* Required work *
Word for word, retype every line of the data.

START Task input

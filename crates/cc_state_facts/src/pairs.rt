//! Pairs of registers and tracked cells that are equal.

ghost use Rattle.std.specs.Prelude.{◌≡◌, IfOk};
ghost use Rattle.std.specs.List.{filter, list_all};
ghost use Rattle.cc_state_facts.specs.Orders.{is_same};
ghost use Rattle.cc_state_facts.specs.Facts.{has_pair};

use crate::facts::PointFact;
use cc_program::num::NoMemory;
use std::alloc::Global;

/// Whether a register and a tracked cell are a pair.
pub fn is_pair<I>(fact: &PointFact<I>, register: u32, cell: u32) -> bool
    ensures { result ≡ has_pair fact.now register cell }
{
    for pair in fact.same.all() {
        if pair.0 == register && pair.1 == cell {
            return true;
        }
    }
    false
}

/// Whether some pairs are all a fact's.
pub(crate) fn are_pairs<I>(fact: &PointFact<I>, pairs: &[(u32, u32)]) -> bool
    ensures { result ≡ list_all (is_same fact.now) pairs.now }
{
    for pair in pairs {
        if !is_pair(fact, pair.0, pair.1) {
            return false;
        }
    }
    true
}

/// Those of some pairs that are a fact's, in order.
pub(crate) fn common_pairs<I>(
    alloc: Global,
    pairs: &[(u32, u32)],
    fact: &PointFact<I>,
) -> Result<Vec<(u32, u32)>, NoMemory>
    ensures { IfOk result (λ common. common.items ≡ filter (is_same fact.now) pairs.now) }
{
    let mut common = Vec::new(alloc);
    for pair in pairs {
        if is_pair(fact, pair.0, pair.1) {
            common.push(*pair)?;
        }
    }
    Ok(common)
}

END Task input

* Answer for this exercise *
filename crates/cc_state_facts/src/pairs.rt
//! Pairs of registers and tracked cells that are equal.

ghost use Rattle.std.specs.Prelude.{◌≡◌, IfOk};
ghost use Rattle.std.specs.List.{filter, list_all};
ghost use Rattle.cc_state_facts.specs.Orders.{is_same};
ghost use Rattle.cc_state_facts.specs.Facts.{has_pair};

use crate::facts::PointFact;
use cc_program::num::NoMemory;
use std::alloc::Global;

/// Whether a register and a tracked cell are a pair.
pub fn is_pair<I>(fact: &PointFact<I>, register: u32, cell: u32) -> bool
    ensures { result ≡ has_pair fact.now register cell }
{
    for pair in fact.same.all() {
        if pair.0 == register && pair.1 == cell {
            return true;
        }
    }
    false
}

/// Whether some pairs are all a fact's.
pub(crate) fn are_pairs<I>(fact: &PointFact<I>, pairs: &[(u32, u32)]) -> bool
    ensures { result ≡ list_all (is_same fact.now) pairs.now }
{
    for pair in pairs {
        if !is_pair(fact, pair.0, pair.1) {
            return false;
        }
    }
    true
}

/// Those of some pairs that are a fact's, in order.
pub(crate) fn common_pairs<I>(
    alloc: Global,
    pairs: &[(u32, u32)],
    fact: &PointFact<I>,
) -> Result<Vec<(u32, u32)>, NoMemory>
    ensures { IfOk result (λ common. common.items ≡ filter (is_same fact.now) pairs.now) }
{
    let mut common = Vec::new(alloc);
    for pair in pairs {
        if is_pair(fact, pair.0, pair.1) {
            common.push(*pair)?;
        }
    }
    Ok(common)
}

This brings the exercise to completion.